В полночь меня сменил второй штурман. Капитан так и не появился в рубке.
Когда плавал уже старпомом, мои капитаны нередко оставляли меня за себя, переходя на плавбазу. И в порту швартовался самостоятельно, и рыбу подходил сдавать к рефрижератору — всякое бывало. Но все равно я оставался старпомом, и только. А потом настал и мой черед самостоятельно вывести судно из порта и проложить свой первый курс… И вот, когда за кормой остались входные маяки Приморска, теперь я был хозяином на мостике и понял тогда, что уже не могу быть прежним Волковым. Я один нес ответственность за судно и судьбу доверенного мне экипажа, и не было плеча, на которое можно было бы переложить хоть толику ответственности.
Я знал, сколько глаз устремлено на капитана и как его любое действие оценивается командой, все знал, ведь сам был матросом, видно, недаром Кодекс торгового мореплавания СССР требует, чтобы и самый малый штурманский диплом выдавался человеку, наплававшему определенный матросский ценз, недаром устроено так, что путь на капитанский мостик лежит через драйку палубы и чистку гальюнов…

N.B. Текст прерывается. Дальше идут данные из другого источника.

// The work list: distant pairs, then touching pairs.
ghost use Rattle.std.specs.Prelude.{◌≡◌, ℕ, ◌*◌, ◌+◌, ◌<◌, ◌≤◌, cond, eqb, get_or, length};
ghost use Rattle.grid.specs.Lent.{mesh_lent};
ghost use Rattle.grid.specs.Mesh.{most_cells};
ghost use Rattle.cells_by_key.specs.Groups.{kind_key};
ghost use Rattle.planning.specs.Work.{Ready, Grouping, Side, Keyable, SideGroups, Rising, Counts, Written};

use cells_by_key::{Groups, by_key};
use distant_pairs::write_distant;
use grid::{MOST_CELLS, Mesh, Rows, write_rows};
use numbers::wide;
use plans::KindPairs;
use touching_pairs::{TouchingEnds, write_touching};

// The colours of the cells on one side, and how many colours there are.
#[derive(Clone, Copy)]
pub(crate) struct Coloured<'a> {
    pub(crate) colours: &'a [u32],
    pub(crate) count: u32,
}

// How many pairs are distant, how many touching, and how many of these there are of each two kinds.
#[derive(Clone, Copy)]
pub(crate) struct PairCounts {
    pub(crate) distant: u32,
    pub(crate) touching: u32,
    pub(crate) pairs: KindPairs,
}

// The key by which a cell is grouped, of so many colours: its colour, for a quad behind those of the triangles. (A kind is a byte, as in the list that C
// lends.)
fn key_of(kind: u8, colour: u32, count: u32) -> u32
    requires { (colour < most_cells) × (count ≤ most_cells) }
    ensures { result ≡ colour + cond (eqb kind 4) count 0 }
{
    if kind == 4 { colour + count } else { colour }
}

// Writes the key of each cell. (The index reads two lists: after a zip of them with iter_mut nothing would be known of the keys.)
fn write_keys(kinds: &[u8], side: Coloured, keys: &mut [u32])
    requires { Keyable kinds.now side.colours.now side.count keys.old }
    ensures { (i : ℕ) → i < length kinds.now → get_or keys.new i 0 ≡ kind_key side.entry.count kinds.now side.entry.colours.now i }
{
    for (i, key) in keys.iter_mut().enumerate() {
        *key = key_of(kinds[i], side.colours[i], side.count);
    }
}

// The cells by kind and colour on one side, by way of the key of each.
fn group_cells<'a>(
    mesh: Mesh,
    side: Coloured,
    keys: &mut [u32],
    order: &'a mut [u32],
    ends: &'a mut [usize],
) -> Groups<'a>
    requires side { Side (mesh_lent mesh) side.colours.now side.count }
    requires keys { length keys.old ≡ mesh.sizes.cells }
    requires grouping { Grouping mesh.sizes.cells side.count order.old ends.old }
    ensures { SideGroups (mesh_lent mesh.entry) side.entry.colours.now result.order.now result.ends.now }
{
    write_keys(mesh.kinds, side, keys);
    by_key(keys, 1, ends, order);
    Groups { order, ends }
}

// How many pairs there are of each sort, by the places after the distant pairs and after the touching pairs of each two kinds.
fn counts_of(n: usize, ends: TouchingEnds) -> PairCounts
    requires { Rising n ends }
    ensures { Counts n ends result.distant result.touching result.pairs }
{
    PairCounts {
        distant: n as u32,
        touching: (ends.quad_quad - n) as u32,
        pairs: KindPairs {
            triangle_triangle: (ends.triangle_triangle - n) as u32,
            triangle_quad: (ends.triangle_quad - ends.triangle_triangle) as u32,
            quad_triangle: (ends.quad_triangle - ends.triangle_quad) as u32,
            quad_quad: (ends.quad_quad - ends.quad_triangle) as u32,
        },
    }
}

// Writes the work list; hands back how many pairs there are of each sort. The rows of the cells, the key of each and the cells by kind and colour are alive
// here alone.
#[inline(never)]
pub(crate) fn write_work(
    mesh: Mesh,
    batch: usize,
    tests: Coloured,
    trials: Coloured,
    work: &mut [u32],
) -> PairCounts
    requires { Ready (mesh_lent mesh) batch tests.colours.now tests.count trials.colours.now trials.count work.old }
    ensures { Written (mesh_lent mesh.entry) batch tests.entry.colours.now trials.entry.colours.now work.new result.distant result.touching result.pairs }
{
    let cells = wide(mesh.sizes.cells);
    // nothing is allocated: room for the most cells, and for their groups by kind and colour
    let mut rows = [0u32; 4 * MOST_CELLS];
    let mut keys = [0u32; MOST_CELLS];
    let mut test_order = [0u32; MOST_CELLS];
    let mut test_ends = [0usize; 2 * MOST_CELLS];
    let mut trial_order = [0u32; MOST_CELLS];
    let mut trial_ends = [0usize; 2 * MOST_CELLS];
    let rows = &mut rows[..4 * cells];
    let keys = &mut keys[..cells];
    write_rows(mesh.kinds, mesh.cell_vertices, mesh.sizes.vertices, rows);
    let test_groups = group_cells(
        mesh,
        tests,
        keys,
        &mut test_order[..cells],
        &mut test_ends[..2 * wide(tests.count)],
    );
    let trial_groups = group_cells(
        mesh,
        trials,
        keys,
        &mut trial_order[..cells],
        &mut trial_ends[..2 * wide(trials.count)],
    );
    let rows = Rows {
        rows,
        none: mesh.sizes.vertices,
    };
    let n = write_distant(rows, batch, test_groups, trial_groups, work);
    let ends = write_touching(rows, cells, work, n);
    counts_of(n, ends)
}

Теперь я не имел права на ошибку, потому как стал капитаном. А вдруг ошибка все-таки совершена? Как тогда поступать? Словом, есть над чем задуматься тому, кто принял на себя капитанский жребий.
Не раз думал об этом, но понял по-настоящему только в зале суда, когда сидел на скамье подсудимых с опущенной головой под гневными взглядами родных и друзей не вернувшихся с моря ребят.
Капитан оставляет судно последним — не просто красивая фраза. Это статья, записанная в Кодексе торгового мореплавания и Морском уставе. Это правовая норма, которую нельзя преступать. Преступил ли я ее? Ведь если меня сбросило с мостика взрывной волной, значит, в воде оказался первым… Не по своей воле, но первым. Как разобраться во всем этом?
Я лежал на тюремной койке и думал о капитанах, о моих сверстниках, о маститых зубрах, про которых рассказывают легенды несколько поколений рыбаков подряд. Что они чувствовали бы на моем месте, каким судом судили бы себя? Я напрягал память и не мог найти в многочисленном перечне морских историй сходной ситуации.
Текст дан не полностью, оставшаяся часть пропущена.